Мы прошли вместе несколько кварталов в направлении Юнион-сквер, потом пришла пора расходиться в разные стороны. Прощаясь, танцовщик наклонился и смахнул пушинку с моего воротника. Момент нежности, почти близости. Знаете, я снял ее со стены, сказал он тихонько. Что? После того как я прочитал ваш рассказ, я снял со стены картину. Понял, что больше не смогу на нее смотреть. Правда? Он застал меня врасплох. Почему? Сначала я тоже спрашивал себя — почему? Эта картина сопровождала меня всю жизнь, с квартиры на квартиру, из города в город, почти двадцать лет. Но спустя какое-то время я понял, что именно прояснил для меня ваш рассказ. Что же? — хотела спросить я, но не спросила. И тут танцовщик, хоть и постаревший, но все еще изящно-томный, потрепал меня двумя пальцами по щеке, повернулся и ушел.

Я направилась домой, озадаченная этим жестом, но постепенно верх брало раздражение. Сходу кажется: вроде как приласкал, но чем больше я размышляла, тем больше понимала, что в этом жесте было что-то снисходительное, если не оскорбительное. Я представляла улыбку танцовщика и видела в ней все меньше и меньше искренности, словно он ставил этот жест, как спектакль, в течение многих лет, репетировал его в уме, ожидая нашей встречи. Неужели я это заслужила? Ведь он рассказал историю о гибели детей не только мне, а всем, кто был у него в тот вечер. Я услышала ее от него самого, а не добыла каким-то непозволительным способом — не читала его дневники или письма, и вообще мы были едва знакомы. Историю он рассказал при всех, вполне спокойно, без особых эмоций. Он не страдал, а улыбался. С такой же улыбкой он подносил нам после ужина рюмку граппы.

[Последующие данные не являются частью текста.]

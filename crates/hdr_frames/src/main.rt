//! Inflates or deflates byte strings, for `compare/zlib`.
//!
//! `hdr_frames inflate LIMIT` and `hdr_frames deflate` read frames: a length in four bytes, from the lowest, and as many bytes. For
//! each they write a frame, after a byte that is 0 for success. `hdr_frames time COUNT` reads one stream, inflates it COUNT
//! times, and prints the nanoseconds.
#![tactic(auto)]

use anyhow::{Result, bail};
use byteorder::{ByteOrder, LittleEndian};
use hdr_zlib::{CompressionLevel, deflate, inflate};
use std::alloc::Global;
use std::env;
use std::io::{Read, Write};
use std::time::Instant;

/// What is done with a frame.
#[derive(Clone, Copy)]
enum Mode {
    Inflate(usize),
    Deflate,
}

/// Appends a frame, or one of status 1 without bytes.
fn push_frame(output: &mut Vec<u8>, bytes: Option<&[u8]>) -> Result<()> {
    output.push(u8::from(bytes.is_none()))?;
    let bytes = bytes.unwrap_or(&[]);
    let len = u32::try_from(bytes.len()).unwrap_or(0);
    output.extend_from_slice(&len.to_le_bytes())?;
    output.extend_from_slice(bytes)?;
    Ok(())
}

/// Appends the frame of one input.
fn run_frame(alloc: Global, output: &mut Vec<u8>, bytes: &[u8], mode: Mode) -> Result<()> {
    match mode {
        Mode::Deflate => {
            let stream = deflate(alloc, bytes, CompressionLevel::Huffman)?;
            push_frame(output, Some(stream.as_slice()))
        }
        Mode::Inflate(limit) => match inflate(alloc, bytes, limit) {
            Ok(data) => push_frame(output, Some(data.as_slice())),
            Err(_) => push_frame(output, None),
        },
    }
}

/// Returns the frames of all inputs.
fn run_frames(alloc: Global, input: &[u8], mode: Mode) -> Result<Vec<u8>> {
    let mut output = Vec::new(alloc);
    let mut rest = input;
    while let Some((len, bytes)) = rest.split_at_checked(4) {
        let len = LittleEndian::read_u32(len) as usize;
        let Some((frame, others)) = bytes.split_at_checked(len) else {
            bail!("an incomplete frame");
        };
        run_frame(alloc, &mut output, frame, mode)?;
        rest = others;
    }
    Ok(output)
}

/// Inflates a stream `count` times, and prints the time.
fn time(rt: &HostRuntime, input: &[u8], count: u64) -> Result<()> {
    let start = Instant::now(rt)?;
    let mut total = 0u64;
    for _ in 0..count {
        let data = inflate(rt.alloc(), input, 1 << 30)?;
        total = total.wrapping_add(data.len() as u64);
    }
    let nanos = start.elapsed(rt)?.as_nanos();
    println!(rt; "{total} bytes in {nanos} ns")?;
    Ok(())
}

fn main(rt: HostRuntime) -> Result<()> {
    let mut name = String::new(rt.alloc());
    let mut number = 0u64;
    for (index, argument) in env::args(&rt)?.enumerate() {
        match index {
            1 => name = argument,
            2 => number = argument.as_str().parse().unwrap_or(0),
            _ => {}
        }
    }
    let mut input = Vec::new(rt.alloc());
    rt.stdin().read_to_end(&mut input)?;
    let mode = match name.as_str() {
        "time" => return time(&rt, &input, number),
        "inflate" => Mode::Inflate(number as usize),
        "deflate" => Mode::Deflate,
        _ => bail!("usage: hdr_frames inflate LIMIT | deflate | time COUNT"),
    };
    let output = run_frames(rt.alloc(), &input, mode)?;
    rt.stdout().write_all(&output)?;
    Ok(())
}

По дороге я проходила мимо детской площадки. День уже клонился к вечеру, но на маленьком огороженном пятачке было шумно и весело. Среди многих квартир, где я успела пожить в Нью-Йорке, одна выходила окнами на такую же площадку, и я тогда еще заметила, что в последние полчаса перед наступлением темноты дети гомонят намного сильнее обычного. Уж не знаю, почему так происходит: не то сам город в сумерки притихает, не то дети буйствуют, зная, что скоро их загонят домой. Отдельные фразы и переливы смеха перекрывали общий гомон, и порой, услышав эти звуки, я вставала из-за стола и выглядывала в окно. Но сейчас я не остановилась. Всецело поглощенная недавней стычкой с танцором, я даже не заметила детей, пока один-единственный детский крик, испуганный и отчаянный, не пронзил меня насквозь, точно был обращен лично ко мне. Я резко обернулась — я была уверена, что сейчас увижу искалеченного ребенка, упавшего с ужасной высоты. Но не увидела ничего, дети как ни в чем не бывало бегали по площадке — в круг, из круга, шла игра, и никто ее не прерывал, никто, кроме меня, даже не обернулся. Откуда же донесся крик? Сердце мое колотилось, кровь вскипала в жилах, все мое естество рвалось спасти того, кто так ужасно, так отчаянно вскрикнул. Я посмотрела на дом: вдруг ребенок кричал из открытого окна? Хотя вряд ли, ведь был ноябрь и достаточно холодно, в такое время окна не держат открытыми. Я немного постояла, опершись о забор.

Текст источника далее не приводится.